[Collected data entries]
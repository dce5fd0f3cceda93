//! The laws of steps of a window. Each is the contract of a function that does nothing.

ghost use Rattle.window_exec.specs.Normal.{NormalKeepsTheStep};
ghost use Rattle.window_exec.specs.Untold.{EqualIsUntold};

/// The normal form of an instruction has the same effect.
pub fn normal_keeps_the_step()
    ensures { NormalKeepsTheStep }
{}

/// Two sequences are equal on a mask exactly where no state tells them apart.
pub fn equal_sequences_are_untold()
    ensures { EqualIsUntold }
{}
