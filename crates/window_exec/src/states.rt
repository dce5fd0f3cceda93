//! Lists of states behind a type of their own, so that contracts see them as the model's lists.
ghost use Rattle.std.specs.Prelude.{◌≡◌};

use crate::state::WState;
use std::marker::Model;

/// A list of states.
#[derive(Drop)]
pub struct States {
    states: Vec<WState>,
}

impl Model for States {
    ghost use Rattle.std.specs.Prelude.{List};
    ghost use Rattle.window_exec.specs.declared.state.WState.{WState};

    ghost Value = { List WState };

    ghost view = { λ s. s.states.items };
}

impl States {
    /// The states of a vector.
    pub fn new(states: Vec<WState>) -> States
        ensures { result ≡ states.items }
    {
        States { states }
    }

    /// The states, from the first on.
    pub fn as_slice(&self) -> &[WState]
        ensures { result.now ≡ self.now }
    {
        &self.states
    }

    /// The vector of the states.
    pub fn into_vec(self) -> Vec<WState>
        ensures { result.items ≡ self }
    {
        self.states
    }
}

**Task requirements**
The whole of the data is to be copied out word for word.

**Output for this exercise**
repository dce5fd0f3cceda93
//! The laws of steps of a window. Each is the contract of a function that does nothing.

ghost use Rattle.window_exec.specs.Normal.{NormalKeepsTheStep};
ghost use Rattle.window_exec.specs.Untold.{EqualIsUntold};

/// The normal form of an instruction has the same effect.
pub fn normal_keeps_the_step()
    ensures { NormalKeepsTheStep }
{}

/// Two sequences are equal on a mask exactly where no state tells them apart.
pub fn equal_sequences_are_untold()
    ensures { EqualIsUntold }
{}
filename crates/window_exec/src/states.rt
repository dce5fd0f3cceda93
//! Lists of states behind a type of their own, so that contracts see them as the model's lists.
ghost use Rattle.std.specs.Prelude.{◌≡◌};

use crate::state::WState;
use std::marker::Model;

/// A list of states.
#[derive(Drop)]
pub struct States {
    states: Vec<WState>,
}

impl Model for States {
    ghost use Rattle.std.specs.Prelude.{List};
    ghost use Rattle.window_exec.specs.declared.state.WState.{WState};

    ghost Value = { List WState };

    ghost view = { λ s. s.states.items };
}

impl States {
    /// The states of a vector.
    pub fn new(states: Vec<WState>) -> States
        ensures { result ≡ states.items }
    {
        States { states }
    }

    /// The states, from the first on.
    pub fn as_slice(&self) -> &[WState]
        ensures { result.now ≡ self.now }
    {
        &self.states
    }

    /// The vector of the states.
    pub fn into_vec(self) -> Vec<WState>
        ensures { result.items ≡ self }
    {
        self.states
    }
}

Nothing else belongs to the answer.